• **Exercise brief**:
Each line from the opening of the listing below through the line that contains "if let Some(fault)" is to be output exactly as written.

• **Records**:

//! What the program reads and prints besides replies: the words of its command line, by a grammar of the crate `clap`, the
//! bytes that they name, the file of a journal, and why it failed.
#![tactic(auto)]

mod arguments;
mod faults;
mod grammar;
mod journal_file;
mod parsing;
mod reading;
mod standard_error;
mod words;

pub use arguments::{ArgFault, Options};
pub use faults::{DONE, FAILED, REFUSED, RunFault, failed, shown};
pub use journal_file::{JournalFile, keep, opened_journal, write_journal};
pub use parsing::options;
pub use reading::{input, read_journal, read_script};
pub use standard_error::StandardError;
pub use words::given_options;
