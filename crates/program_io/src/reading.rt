//! Reading the bytes of a script or of a journal.

ghost use Rattle.std.specs.Prelude.{◌≡◌, ◌≤◌, IfErr, IfOk, IfSome, take};

use crate::arguments::Options;
use crate::faults::{RunFault, failed, failed_by, refused};
use crate::journal_file::{fault_of_names, file_of};
use std::alloc::Global;
use std::fs::{File, Files};
use std::io;
use std::io::{Input, Read, Write};

/// The most bytes that are read of a script: those of 65,536 lines of 256 bytes and their newlines, and one more.
/// A text that has this many bytes has a fault among them, and further bytes change neither that fault nor its line.
const MOST_BYTES: u64 = 16_842_753;

/// The bytes of the file that the options name, or of standard input where they name none or `-`; or the status of the
/// program where they could not be read, where the journal would be written over the script, or where its file is `-`.
/// Why goes to `err` then, if that takes it: what failed, and on a further line what the system says of it.
pub fn input<R: Files + Input + AllocGlobal, E: Write>(
    rt: &R,
    options: &Options,
    err: &mut E,
) -> Result<Vec<u8>, u8>
    ensures least { IfErr result (λ status. 1 ≤ status) }
    ensures most { IfErr result (λ status. status ≤ 2) }
{
    if let Some(fault) = fault_of_names(rt, options) {
        return Err(refused(err, &fault));
    }
    match bytes(rt, options) {
        Ok(bytes) => Ok(bytes),
        Err(error) => Err(unread(options, &error, err)),
    }
}

/// The bytes of the script's file, or of standard input.
fn bytes<R: Files + Input + AllocGlobal>(rt: &R, options: &Options) -> io::Result<Vec<u8>> {
    match file_of(options) {
        Some(name) => bytes_of(rt.alloc(), options, File::open(rt, name)?),
        None => bytes_of(rt.alloc(), options, rt.reader()),
    }
}

/// The bytes that the reader gives: a journal's are read whole, and a script's as far as they matter.
fn bytes_of<T: Read + Drop>(alloc: Global, options: &Options, reader: T) -> io::Result<Vec<u8>> {
    if options.audit {
        read_journal(alloc, reader)
    } else {
        read_script(alloc, reader)
    }
}

/// The bytes that the reader gives, up to the most that a script may have and one more.
///
/// # Errors
///
/// The reader failed, or memory for the bytes was refused.
pub fn read_script<R: Read + Drop>(alloc: Global, reader: R) -> io::Result<Vec<u8>>
    ensures { IfOk result (λ bytes. IfSome (R.remaining reader) (λ all. bytes.items ≡ take 16842753 all)) }
{
    let mut bytes = Vec::new(alloc);
    reader.take(MOST_BYTES).read_to_end(&mut bytes)?;
    Ok(bytes)
}

/// All bytes that the reader gives: the text of a journal has any length.
///
/// # Errors
///
/// The reader failed, or memory for the bytes was refused.
pub fn read_journal<R: Read + Drop>(alloc: Global, mut reader: R) -> io::Result<Vec<u8>>
    ensures { IfOk result (λ bytes. IfSome (R.remaining reader) (λ all. bytes.items ≡ all)) }
{
    let mut bytes = Vec::new(alloc);
    reader.read_to_end(&mut bytes)?;
    Ok(bytes)
}

/// Writes that the bytes could not be read, and gives the status.
fn unread<E: Write>(options: &Options, error: &io::Error, err: &mut E) -> u8
    ensures { result ≡ 1 }
{
    if error.kind() == io::ErrorKind::OutOfMemory {
        return failed(err, &RunFault::Memory);
    }
    match file_of(options) {
        Some(name) => failed_by(err, &format_args!("cannot read {name}"), error),
        None => failed_by(err, &"cannot read standard input", error),
    }
}
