//! Eight threads on one map.
use super::{Map, Seen, assert_is, empty, key, plain};
use std::process::Abort;
use std::sync::Wait;
use std::thread;
use std::thread::Threads;
use test_keys::ChosenKey;
use trie_map::PutError;

// How many threads there are, how many calls each makes, and how often all of it is done.
const THREADS: u32 = 8;

const CALLS: u32 = 20_000;

const TIMES: u32 = 50;

// How many keys the threads share, and how many each has for itself.
const SHARED: u32 = 64;

const OWN: usize = 16;

// The ids of keys of which each has one writer: its own keys, and the two of its pair.
const FIRST_OWN: u32 = 1_000;

const FIRST_OF_PAIR: u32 = 1_000_000;

const SECOND_OF_PAIR: u32 = 2_000_000;

// What a thread counted.
#[derive(Clone, Copy)]
struct Counts {
    added: u64,
    removed: u64,
    // What was not as this thread had left it, and views that have what was written second and not what was first.
    wrong: u64,
}

impl Counts {
    // Counts a put, which found a value or added a pair.
    fn put(&mut self, before: Option<u64>) {
        if before.is_none() {
            self.added = self.added.wrapping_add(1);
        }
    }

    fn expect(&mut self, holds: bool) {
        if !holds {
            self.wrong = self.wrong.wrapping_add(1);
        }
    }

    fn add(&mut self, other: Counts) {
        self.added = self.added.wrapping_add(other.added);
        self.removed = self.removed.wrapping_add(other.removed);
        self.wrong = self.wrong.wrapping_add(other.wrong);
    }
}

// No counts yet.
fn none() -> Counts {
    Counts {
        added: 0,
        removed: 0,
        wrong: 0,
    }
}

// The next random number: xorshift.
fn next(state: u64) -> u64 {
    let state = state ^ (state << 13);
    let state = state ^ (state >> 7);
    state ^ (state << 17)
}

// The keys of a thread's pair: for one half of the threads the first lies in a stripe before that of the second, for
// the other half behind it.
fn pair(of: u32) -> (ChosenKey, ChosenKey) {
    let low = of % THREADS;
    let high = 31 - low;
    if low % 2 == 0 {
        (key(low, FIRST_OF_PAIR), key(high, SECOND_OF_PAIR))
    } else {
        (key(high, FIRST_OF_PAIR), key(low, SECOND_OF_PAIR))
    }
}

// A call on one of the keys that the threads share, two in each stripe.
fn share<R: Wait>(
    rt: &R,
    map: &Map,
    number: u32,
    call: u32,
    counts: &mut Counts,
) -> Result<(), PutError> {
    let shared = key(number % 32, number % SHARED);
    if number % 3 == 0 {
        if map.remove(rt, &shared)?.is_some() {
            counts.removed = counts.removed.wrapping_add(1);
        }
    } else {
        counts.put(plain(map.put_if_absent(rt, shared, u64::from(call))?));
    }
    if let Some(found) = map.get(rt, &shared)? {
        counts.expect(*found < u64::from(CALLS));
    }
    Ok(())
}

// Puts one of the thread's own keys, which has what the thread left there, and reads it back.
fn own<R: Wait>(
    rt: &R,
    map: &Map,
    id: u32,
    value: u64,
    left: &mut u64,
    counts: &mut Counts,
) -> Result<(), PutError> {
    let mine = key(id % 32, id);
    let before = plain(map.put(rt, mine, value)?);
    counts.put(before);
    counts.expect(before.unwrap_or(0) == *left);
    *left = value;
    counts.expect(plain(map.get(rt, &mine)?) == Some(value));
    Ok(())
}

// Writes the two keys of the thread's pair, always in one order.
fn write_pair<R: Wait>(
    rt: &R,
    map: &Map,
    of: u32,
    value: u64,
    counts: &mut Counts,
) -> Result<(), PutError> {
    let (first, second) = pair(of);
    counts.put(plain(map.put(rt, first, value)?));
    counts.put(plain(map.put(rt, second, value)?));
    Ok(())
}

// Checks that no thread's pair is seen with what was written second and without what was written first.
fn look(view: &Seen, counts: &mut Counts) {
    for of in 0..THREADS {
        let (first, second) = pair(of);
        let before = view.get(&first).map_or(0, |value| **value);
        let after = view.get(&second).map_or(0, |value| **value);
        counts.expect(after <= before);
    }
}

// The calls of one thread.
fn work<R: Wait>(rt: &R, map: &Map, of: u32) -> Result<Counts, PutError> {
    let mut counts = none();
    let mut left = [0u64; OWN];
    let mut state = u64::from(of) + 1;
    for call in 0..CALLS {
        state = next(state);
        let number = (state % 4_096) as u32;
        let value = u64::from(call) + 1;
        match state / 4_096 % 8 {
            0 | 1 | 2 | 3 => share(rt, map, number, call, &mut counts)?,
            4 | 5 => {
                let place = number as usize % OWN;
                let id = FIRST_OWN
                    .wrapping_mul(of.wrapping_add(1))
                    .wrapping_add(place as u32);
                own(rt, map, id, value, &mut left[place], &mut counts)?;
            }
            6 => write_pair(rt, map, of, value, &mut counts)?,
            _ => {
                if number % 32 == 0 {
                    look(&map.view(rt)?, &mut counts);
                }
            }
        }
    }
    Ok(counts)
}

// The counts of all threads on the map.
fn counted<R: AllocGlobal + Threads + Wait + Abort + Sync>(rt: &R, map: &Map) -> Counts {
    let mut sum = none();
    let all = thread::map_indices(
        rt,
        rt.alloc(),
        THREADS as usize,
        &|place: usize| { work(rt, map, u32::try_from(place).unwrap_or(0)) },
    );
    for counts in all.expect(rt, "no threads") {
        sum.add(counts.expect(rt, "a call was refused"));
    }
    sum
}

#[test]
fn eight_threads_write_and_read_one_map(rt: HostRuntime) {
    for _ in 0..TIMES {
        let map = empty(&rt);
        let counts = counted(&rt, &map);
        assert_is(&rt, counts.wrong, 0);
        let left = counts.added.wrapping_sub(counts.removed);
        assert_is(&rt, left, map.len(&rt));
    }
}
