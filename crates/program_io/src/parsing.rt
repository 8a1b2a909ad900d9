//! The options that the words of a command line give, by the grammar.

ghost use Rattle.std.specs.Prelude.{◌≡◌, ◌<◌, ◌^◌, ◌≤◌, [], ◌∷◌, IfErr, IfOk, List, None, OnOk, Some, codes, false, map, option_map, pos, string_bytes, true, ℕ};
ghost use Rattle.std.specs.Option.{option_map_or};
ghost use Rattle.std.specs.Str.{bytes_eq};
ghost use Rattle.clap.specs.Words.{FailsBy, IsSignedIn, found_of, kind_of, one_text, without_minus};
ghost use Rattle.program_io.specs.CommandLine.{AreInRange, IsArgFaultOf, IsGiven, Tells, faults_in, number_of};

use crate::arguments::{ArgFault, Options};
use crate::grammar::{DEFAULT_GRAIN, DEFAULT_WORKERS, grammar};
use clap::error::ErrorKind;
use clap::{ArgMatches, Error};
use std::alloc::{AllocError, Global};

/// The options that the words after the program's name give.
///
/// # Errors
///
/// Help or the version was asked for, the words were refused, or memory was; or they ask for an audit and for a journal.
pub fn options(alloc: Global, words: &[&str]) -> Result<Options, ArgFault>
    ensures given { IfOk result (IsGiven (map (λ word. word.now) words.now)) }
    ensures ranges { IfOk result (λ options. AreInRange options.workers options.grain) }
    ensures alone { IfOk result (λ options. options.audit ≡ true → options.journal ≡ None) }
    ensures lawful { OnOk result (faults_in (map (λ word. word.now) words.now) ≡ []) }
    ensures fault { IfErr result (IsArgFaultOf (map (λ word. word.now) words.now)) }
{
    match read(alloc, words) {
        Ok(options) => {
            if options.audit && options.journal.is_some() {
                Err(ArgFault::AuditJournal)
            } else {
                Ok(options)
            }
        }
        Err(error) => Err(fault_of(alloc, &error)),
    }
}

/// What the words give by the grammar.
fn read(alloc: Global, words: &[&str]) -> Result<Options, Error>
    ensures given { IfOk result (IsGiven (map (λ word. word.now) words.now)) }
    ensures ranges { IfOk result (λ options. AreInRange options.workers options.grain) }
    ensures fault { FailsBy (faults_in (map (λ word. word.now) words.now)) result }
{
    let all = behind_name(alloc, words)?;
    let command = grammar(alloc)?;
    let matches = command.try_get_matches_from(all.as_slice())?;
    let journal = text_of(alloc, matches.get_str("journal"))?;
    let file = text_of(alloc, matches.get_str("file"))?;
    Ok(Options {
        workers: number(&matches, "workers", DEFAULT_WORKERS),
        grain: u64::from(number(&matches, "grain", DEFAULT_GRAIN)),
        audit: flag(&matches, "audit"),
        journal,
        file,
    })
}

/// The number that the matches have for the option, or else the usual one.
fn number(matches: &ArgMatches<'_>, option: &str, usual: u32) -> u32
    ensures none { one_text (found_of matches.now) option.now ≡ None → result ≡ usual }
    ensures some { (text : List ℕ) (low high : ℕ) → one_text (found_of matches.now) option.now ≡ Some (without_minus text) → IsSignedIn (pos low) (pos high) text → high < 2 ^ 32 → (result ≡ number_of (without_minus text)) × (low ≤ result) × (result ≤ high) }
{
    matches.get_one::<u32>(option).unwrap_or(usual)
}

/// Whether the matches have the flag.
fn flag(matches: &ArgMatches<'_>, option: &str) -> bool
    ensures { result ≡ option_map_or (λ text. bytes_eq text (codes "true")) (one_text (found_of matches.now) option.now) false }
{
    matches.get_one::<bool>(option).unwrap_or(false)
}

/// The text as one that is kept.
fn text_of(alloc: Global, text: Option<&str>) -> Result<Option<String>, AllocError>
    ensures { IfOk result (λ kept. option_map string_bytes kept ≡ option_map (λ t. t.now) text.entry) }
{
    match text {
        Some(text) => Ok(Some(String::from_str(alloc, text)?)),
        None => Ok(None),
    }
}

/// The words behind the name of the program.
fn behind_name<'a>(alloc: Global, words: &[&'a str]) -> Result<Vec<&'a str>, AllocError>
    ensures { IfOk result (λ all. map (λ word. word.now) all.items ≡ codes "trierun" ∷ map (λ word. word.now) words.now) }
{
    let mut all = Vec::new(alloc);
    all.push("trierun")?;
    all.extend_from_slice(words)?;
    Ok(all)
}

/// The fault that reports the error.
fn fault_of(alloc: Global, error: &Error) -> ArgFault
    ensures { Tells (kind_of error.now) result }
{
    let Ok(text) = error.to_string(alloc) else {
        return ArgFault::Memory;
    };
    match error.kind() {
        ErrorKind::OutOfMemory => ArgFault::Memory,
        ErrorKind::DisplayHelp | ErrorKind::DisplayVersion => ArgFault::Help(text),
        _ => ArgFault::Parser(text),
    }
}
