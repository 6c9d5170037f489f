//! Why the arguments cannot be obeyed.
use std::alloc::{AllocError, AllocFailed};
use std::{fmt, io};

/// Why the arguments, or the files with patterns that they name, are of no use.
#[derive(Drop)]
pub enum OptionsError {
    /// Allocation failed.
    Memory,
    /// The argument of this number, from 1, is not UTF-8. This is its text, as far as it is one.
    NotText(usize, String),
    /// The arguments could not be read.
    Arguments(io::Error),
    /// The value of `-m` is not a number.
    Limit,
    /// The value of `-A`, `-B` or `-C` is not a number.
    Context,
    /// This glob has a class of characters in a set.
    Class(String),
    /// This pattern may mean something else in grep's basic syntax.
    Basic(String),
    /// This pattern may mean something else in Perl's syntax.
    Perl(String),
    /// The file with patterns that has this name could not be read.
    PatternFile { name: String, error: io::Error },
}

impl fmt::Display for OptionsError {
    ghost use Rattle.grep_options.specs.Texts.{options_error_text};

    ghost output = { options_error_text };

    fn fmt<W: fmt::Write>(&self, f: &mut fmt::Formatter<W>) -> fmt::Result {
        match self {
            OptionsError::Memory => f.write_str("out of memory"),
            OptionsError::NotText(number, text) => {
                write!(f, "argument {number} is not UTF-8: {text}")
            }
            OptionsError::Arguments(error) => write!(f, "cannot read the arguments: {error}"),
            OptionsError::Limit => f.write_str("invalid max count"),
            OptionsError::Context => f.write_str("invalid context length argument"),
            OptionsError::Class(glob) => write!(f, "{glob}: write [a-z] and not [[:lower:]]"),
            OptionsError::Basic(pattern) => {
                write!(f, "{pattern}: write it as for -E, and -E and not -G")
            }
            OptionsError::Perl(pattern) => {
                write!(f, "{pattern}: write it as for -E, and -E and not -P")
            }
            OptionsError::PatternFile { name, error } => write!(f, "{name}: {error}"),
        }
    }
}

impl From<AllocError> for OptionsError {
    ghost use Rattle.std.specs.Prelude.{◌≡◌};
    ghost use Rattle.grep_options.specs.declared.error.OptionsError.TheVariants as error;

    ghost from_gives = { λ _ made. made ≡ error.Memory };

    fn from(_: AllocError) -> OptionsError {
        OptionsError::Memory
    }
}

impl<T: Drop> From<AllocFailed<T>> for OptionsError {
    ghost use Rattle.std.specs.Prelude.{◌≡◌};
    ghost use Rattle.grep_options.specs.declared.error.OptionsError.TheVariants as error;

    ghost from_gives = { λ _ made. made ≡ error.Memory };

    fn from(_: AllocFailed<T>) -> OptionsError {
        OptionsError::Memory
    }
}
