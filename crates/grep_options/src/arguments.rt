//! The arguments of the program.
use crate::error::OptionsError;
use crate::marked::{is_marked, marked, without_mark};
use std::alloc::{AllocError, Global};
use std::env::FillError;
use std::io::ErrorKind;
use std::rt::Env;
use std::{env, io};

/// More bytes than the system passes in one argument.
const LONGEST: usize = 1 << 17;

/// Returns all arguments, the first of which is the name of the program. One that is not UTF-8 is marked.
pub fn arguments(rt: &HostRuntime) -> Result<Vec<String>, OptionsError> {
    match env::args(rt) {
        Ok(words) => Ok(words.collect(rt.alloc())?),
        Err(error) if error.kind() == ErrorKind::OutOfMemory => Err(OptionsError::Memory),
        Err(error) => marked_arguments(rt, error),
    }
}

/// Returns all arguments, of which some are marked. Fails with this error if they cannot be read.
fn marked_arguments(rt: &HostRuntime, error: io::Error) -> Result<Vec<String>, OptionsError> {
    let mut buffer = vec![in rt.alloc(); 0u8; LONGEST]?;
    let mut words = Vec::new(rt.alloc());
    for number in 0..usize::MAX {
        match rt.arg(number, &mut buffer) {
            Ok(len) => words.push(marked(rt.alloc(), &buffer[..len])?)?,
            Err(FillError::NotPresent) => return Ok(words),
            Err(FillError::TooLong) => return Err(OptionsError::Arguments(error)),
        }
    }
    Ok(words)
}

/// Fails if one of these values is marked. The error names the argument, which the value is or ends.
pub fn need_text(alloc: Global, words: &[&str], values: &[&str]) -> Result<(), OptionsError> {
    for value in values {
        if is_marked(value) {
            return Err(not_text(alloc, words, value)?);
        }
    }
    Ok(())
}

/// Names the argument that is this value or ends with it.
fn not_text(alloc: Global, words: &[&str], value: &str) -> Result<OptionsError, AllocError> {
    let mut number = 0;
    for (at, word) in words.iter().enumerate() {
        if number == 0 && word.ends_with(value) {
            number = at;
        }
    }
    let text = words.get(number).copied().unwrap_or(value);
    Ok(OptionsError::NotText(number, String::from_str(alloc, without_mark(text))?))
}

• **Task response**:
//! What the program reads and prints besides replies: the words of its command line, by a grammar of the crate `clap`, the
//! bytes that they name, the file of a journal, and why it failed.
#![tactic(auto)]

mod arguments;
mod faults;
mod grammar;
mod journal_file;
mod parsing;
mod reading;
mod standard_error;
mod words;

pub use arguments::{ArgFault, Options};
pub use faults::{DONE, FAILED, REFUSED, RunFault, failed, shown};
pub use journal_file::{JournalFile, keep, opened_journal, write_journal};
pub use parsing::options;
pub use reading::{input, read_journal, read_script};
pub use standard_error::StandardError;
pub use words::given_options;
filename crates/program_io/src/reading.rt
//! Reading the bytes of a script or of a journal.

ghost use Rattle.std.specs.Prelude.{◌≡◌, ◌≤◌, IfErr, IfOk, IfSome, take};

use crate::arguments::Options;
use crate::faults::{RunFault, failed, failed_by, refused};
use crate::journal_file::{fault_of_names, file_of};
use std::alloc::Global;
use std::fs::{File, Files};
use std::io;
use std::io::{Input, Read, Write};

/// The most bytes that are read of a script: those of 65,536 lines of 256 bytes and their newlines, and one more.
/// A text that has this many bytes has a fault among them, and further bytes change neither that fault nor its line.
const MOST_BYTES: u64 = 16_842_753;

/// The bytes of the file that the options name, or of standard input where they name none or `-`; or the status of the
/// program where they could not be read, where the journal would be written over the script, or where its file is `-`.
/// Why goes to `err` then, if that takes it: what failed, and on a further line what the system says of it.
pub fn input<R: Files + Input + AllocGlobal, E: Write>(
    rt: &R,
    options: &Options,
    err: &mut E,
) -> Result<Vec<u8>, u8>
    ensures least { IfErr result (λ status. 1 ≤ status) }
    ensures most { IfErr result (λ status. status ≤ 2) }
{
    if let Some(fault) = fault_of_names(rt, options) {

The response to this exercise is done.